*DATA FOR PROCESSING*:
********

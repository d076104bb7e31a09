//! The dots of a page, one bit each: rows of whole bytes, the left dot in the highest bit, 1 black. A page has its size and
//! copies beside them, and a sink takes the pages of a job.
#![tactic(auto)]

mod area;
mod bitmap;
mod bits;
mod filled;
mod fills;
mod ink;
mod kernels;
mod laws;
mod page;
mod patterns;
mod squares;

pub use bitmap::Bitmap;
pub use ink::Ink;
pub use kernels::{bits_of, first_difference, run_end, trimmed_len};
pub use laws::same_dots_same_bitmap;
pub use page::{Page, PageSink};
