//! Rows of raster data whose dots are squares of the page's dots.

ghost use Rattle.std.specs.Prelude.{◌≡◌, ℕ, ◌+◌, ◌-◌, ◌*◌, ◌/◌, ◌^◌, ◌<◌, ◌≤◌, ◌||◌, if◌then◌else◌, length, All};
ghost use Rattle.pcl_base.specs.Limits.{row_limit};
ghost use Rattle.std.specs.Int.{bit_at};
ghost use Rattle.pcl_bitmap.specs.Bitmap.{bit_of_byte, dot_of_row};
ghost use Rattle.pcl_bitmap.specs.Dots.{rectangle_dot, in_run};

use crate::area::Area;
use crate::bits;
use pcl_base::ROW_LIMIT;

/// Room for a row of the page, and for what else the first and the last byte spread to that it has dots of.
pub const SPREAD_LIMIT: usize = ROW_LIMIT + 16;

// The bits of a byte, each twice: halves, then pairs, then single bits move apart.
fn doubled_bits(byte: u8) -> u16
    ensures { (j : ℕ) → bit_at result j ≡ bit_at byte (j / 2) }
{
    let byte = u16::from(byte);
    let halves = (byte | byte << 4) & 0x0F0F;
    let pairs = (halves | halves << 2) & 0x3333;
    let bits = (pairs | pairs << 1) & 0x5555;
    bits | bits << 1
}

/// The bits of a byte, each `scale` times, from the lowest on.
pub fn spread_bits(byte: u8, scale: usize) -> u64
    requires { (1 ≤ scale) × (scale ≤ 8) }
    ensures { (j : ℕ) → bit_at result j ≡ bit_at byte (j / scale) }
{
    if scale == 2 {
        return u64::from(doubled_bits(byte));
    }
    let square = 0xFF_u64 >> (8 - scale);
    let mut wide = 0;
    for i in 0..8 {
        if (byte >> i) & 1 == 1 {
            wide |= square << (scale * i);
        }
    }
    wide
}

// Writes the bits of a byte, each `scale` times, to the `scale` bytes of `target` from byte `at` on.
fn spread_byte(target: &mut [u8], at: usize, scale: usize, byte: u8)
    requires scale { (1 ≤ scale) × (scale ≤ 8) }
    requires room { at + scale ≤ length target.old }
    ensures { (k : ℕ) → dot_of_row target.new k ≡ (if in_run (8 * at) (8 * (at + scale)) k then bit_of_byte byte ((k - 8 * at) / scale)
        else dot_of_row target.old k) }
{
    let wide = spread_bits(byte, scale);
    for part in 0..scale {
        target[at + part] = ((wide >> (8 * (scale - 1 - part))) & 0xFF) as u8;
    }
}

/// Writes the bits of `count` bytes of `row` from byte `first` on, each `scale` times, to the front of
/// `target`. Bytes past the end of `row` are 0.
pub fn spread_row(target: &mut [u8], scale: usize, row: &[u8], first: usize, count: usize)
    requires scale { (1 ≤ scale) × (scale ≤ 8) }
    requires room { scale * count ≤ length target.old }
    requires small { (length target.old < 2 ^ 32) × (first ≤ 2 ^ 32) }
    ensures { (k : ℕ) → k < 8 * (scale * count) → dot_of_row target.new k ≡ dot_of_row row.now (8 * first + k / scale) }
{
    for i in 0..count {
        spread_byte(target, scale * i, scale, bits::byte_at(row, first + i));
    }
}

// Sets the dots of each row of an area where `source` has a bit set, its first bit at the left edge.
fn or_rows(page: &mut [u8], row_bytes: usize, area: Area, source: &[u8])
    requires wide { area.x + area.width ≤ 8 * row_bytes }
    requires high { (area.y + area.height) * row_bytes ≤ length page.old }
    requires small { length page.old < 2 ^ 32 }
    requires rows { area.y + area.height < 2 ^ 32 }
    ensures dots { (px py : ℕ) → px < 8 * row_bytes → let place = 8 * (py * row_bytes) + px in
        dot_of_row page.new place ≡ (if rectangle_dot area.x area.y area.width area.height px py
        then dot_of_row source.now (px - area.x) || dot_of_row page.old place else dot_of_row page.old place) }
    ensures in_bytes { All (λ byte. byte < 256) page.new }
{
    for row in area.y..area.y + area.height {
        let start = 8 * (row * row_bytes) + area.x;
        bits::or_bits(page, start, start + area.width, source);
    }
}

/// Sets the dots of an area of a page that has `row_bytes` bytes a row where `row` has a bit set, each
/// bit a square of `scale` dots and the first at the left edge.
pub fn paint_squares(page: &mut [u8], row_bytes: usize, area: Area, scale: usize, row: &[u8])
    requires scale { (1 ≤ scale) × (scale ≤ 8) }
    requires narrow { area.width ≤ 8 * row_limit }
    requires wide { area.x + area.width ≤ 8 * row_bytes }
    requires high { (area.y + area.height) * row_bytes ≤ length page.old }
    requires small { length page.old < 2 ^ 32 }
    requires rows { area.y + area.height < 2 ^ 32 }
    ensures dots { (px py : ℕ) → px < 8 * row_bytes → let place = 8 * (py * row_bytes) + px in
        dot_of_row page.new place ≡ (if rectangle_dot area.x area.y area.width area.height px py
        then dot_of_row row.now ((px - area.x) / scale) || dot_of_row page.old place else dot_of_row page.old place) }
    ensures in_bytes { All (λ byte. byte < 256) page.new }
{
    if scale == 1 {
        or_rows(page, row_bytes, area, row);
    } else {
        let mut spread = [0; SPREAD_LIMIT];
        let count = area.width.div_ceil(8 * scale);
        spread_row(&mut spread, scale, row, 0, count);
        or_rows(page, row_bytes, area, &spread);
    }
}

********

Beginning with the line holding "bits | bits << 1" and ending with the line holding "Writes the bits of a", write out the stretch of material above exactly; add no further lines.

*SOLUTION BELOW*:
    bits | bits << 1
}

/// The bits of a byte, each `scale` times, from the lowest on.
pub fn spread_bits(byte: u8, scale: usize) -> u64
    requires { (1 ≤ scale) × (scale ≤ 8) }
    ensures { (j : ℕ) → bit_at result j ≡ bit_at byte (j / scale) }
{
    if scale == 2 {
        return u64::from(doubled_bits(byte));
    }
    let square = 0xFF_u64 >> (8 - scale);
    let mut wide = 0;
    for i in 0..8 {
        if (byte >> i) & 1 == 1 {
            wide |= square << (scale * i);
        }
    }
    wide
}

// Writes the bits of a byte, each `scale` times, to the `scale` bytes of `target` from byte `at` on.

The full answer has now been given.